In this exercise, you'll use a dataset of scores from US College Basketball tournament games. Each row of the dataset has the team ids: team_1 and team_2, as integers. It also has the seed difference between the teams (seeds are assigned by the tournament committee and represent a ranking of how strong the teams are) and the score difference of the game (e.g. if team_1 wins by 5 points, the score difference is 5).

To fit the model, you provide a matrix of X variables (in this case one column: the seed difference) and a matrix of Y variables (in this case one column: the score difference).

In [12]:
# Now fit the model
model.fit(df1['seed_diff'], df1['score_diff'],
          epochs=1,
          batch_size=128,
          validation_split=0.1,
          verbose=True)




Train on 3810 samples, validate on 424 samples
Epoch 1/1







<keras.callbacks.History at 0x7f7442ad3278>

### Evaluate the model on a test set
After fitting the model, you can evaluate it on new data. You will give the model a new X matrix (also called test data), allow it to make predictions, and then compare to the known y variable (also called target data).

In this case, you'll use data from the post-season tournament to evaluate your model. The tournament games happen after the regular season games you used to train our model, and are therefore a good evaluation of how well your model performs out-of-sample.

The games_tourney_test DataFrame along with the fitted model object is available in your workspace.

In [13]:
# Load the X variable from the test data
X_test = df1['seed_diff']

# Load the y variable from the test data
y_test = df1['score_diff']

# Evaluate the model on the test data
print(model.evaluate(X_test, y_test, verbose=False))

9.74903702859784


Looks like your model makes pretty good predicitions!

In [14]:
df3.shape

(4234, 10)

In [15]:
df2.head()

Unnamed: 0,season,team_1,team_2,home,score_diff,score_1,score_2,won
0,1985,3745,6664,0,17,81,64,1
1,1985,126,7493,1,7,77,70,1
2,1985,288,3593,1,7,63,56,1
3,1985,1846,9881,1,16,70,54,1
4,1985,2675,10298,1,12,86,74,1


### Embedding Layer:

#### defining Team lookup
Shared layers allow a model to use the same weight matrix for multiple steps. In this exercise, you will build a "team strength" layer that represents each team by a single number. You will use this number for both teams in the model. The model will learn a number for each team that works well both when the team is team_1 and when the team is team_2 in the input data.

The games_season DataFrame is available in your workspace.

In [0]:
from keras.layers import Embedding

n_teams = df2.team_1.nunique()

embed_layer = Embedding( input_dim = n_teams,
                        output_dim = 1, 
                        input_length =1 ,
                        name = 'Team_Strength')

The embedding layer is a lot like a dictionary, but your model learns the values for each key

### Define team model
The team strength lookup has three components: an input, an embedding layer, and a flatten layer that creates the output.

If you wrap these three layers in a model with an input and output, you can re-use that stack of three layers at multiple places.

Note again that the weights for all three layers will be shared everywhere we use them.


- Create a 1D input layer for the team ID (which will be an integer).
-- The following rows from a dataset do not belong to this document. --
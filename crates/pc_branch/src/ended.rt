ghost use Rattle.std.specs.Prelude.{◌≡◌, ◌≤◌, ◌<◌, IfOk, MatchOption, ⊤};
ghost use Rattle.pc_program_bound.specs.Allocation.{IsProgram};
ghost use Rattle.pc_program_bound.specs.Bound.{HasFitWidth};
ghost use Rattle.pc_branch.specs.Licence.{no_multipliers};
ghost use Rattle.pc_branch.specs.Outcome.{IsOutcome};
ghost use Rattle.pc_branch.specs.Steps.{budget_of, counts_found, IsAt, outcome_of};

use crate::outcome::Outcome;
use crate::search::{Found, Hand, Search, is_worth};
use crate::tree::tree_of;
use pc_list::Seq;
use pc_model::Tree;
use pc_num::Memory;
use pc_program_bound::Program;
use std::alloc::Global;

/// What a search has come to that is over, or has no room to split a node.
pub(crate) fn outcome(
    alloc: Global,
    p: &Program,
    search: Search,
    hand: Option<Hand>,
) -> Result<Outcome, Memory>
    requires program { IsProgram p.now }
    requires width { HasFitWidth p.now (no_multipliers p.now) }
    requires few { budget_of search ≤ 100_000 }
    requires at { IsAt p.now search hand }
    requires spent { MatchOption hand ⊤ (λ _. search.frontier.room < 2) }
    ensures { IfOk result (IsOutcome p.now (budget_of search)) }
{
    let tree = tree_of(alloc, &search.frontier, search.visited.as_slice())?;
    let Search {
        frontier: _,
        visited: _,
        found,
        halted,
    } = search;
    Ok(outcome_of(hand, found, halted, tree))
}

/// A node that is left, or a bound that halted the search above what was found, leaves it open; else what was found is
/// the best.
fn outcome_of(hand: Option<Hand>, found: Option<Found>, halted: Option<i128>, tree: Tree) -> Outcome
    ensures { result ≡ outcome_of hand found halted tree }
{
    if let Some(hand) = hand {
        return spent(hand.bound, found, tree);
    }
    if let Some(bound) = halted {
        if !is_worth(&found, bound) {
            return spent(bound, found, tree);
        }
    }
    match found {
        Some(Found { counts, value }) => Outcome::Best {
            counts,
            value,
            tree,
        },
        None => Outcome::Nothing { tree },
    }
}

fn spent(bound: i128, found: Option<Found>, tree: Tree) -> Outcome
    ensures { result ≡ Outcome.Spent bound (counts_found found) tree }
{
    Outcome::Spent {
        bound,
        found: counts_of(found),
        tree,
    }
}

fn counts_of(found: Option<Found>) -> Option<Seq<u64>>
    ensures { result ≡ counts_found found }
{
    match found {
        Some(Found { counts, value: _ }) => Some(counts),
        None => None,
    }
}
Be sure to set the correct input shape!
- Pass this input to the team strength lookup layer you created previously.
- Flatten the output of the team strength lookup.
- Create a model that uses the 1D input as input and flattened team strength as output.

In [0]:
from keras.layers import Input, Embedding , Flatten
from keras.models import  Model

# Count the unique number of teams
n_teams = df2.team_1.nunique()

# Create an input layer for the team ID
input_layer =  Input(shape = (1,))

# Create an embedding layer
embed_layer = Embedding( input_dim = n_teams,
                        output_dim = 1,
                        input_length = 1 ,
                        name = 'Strength')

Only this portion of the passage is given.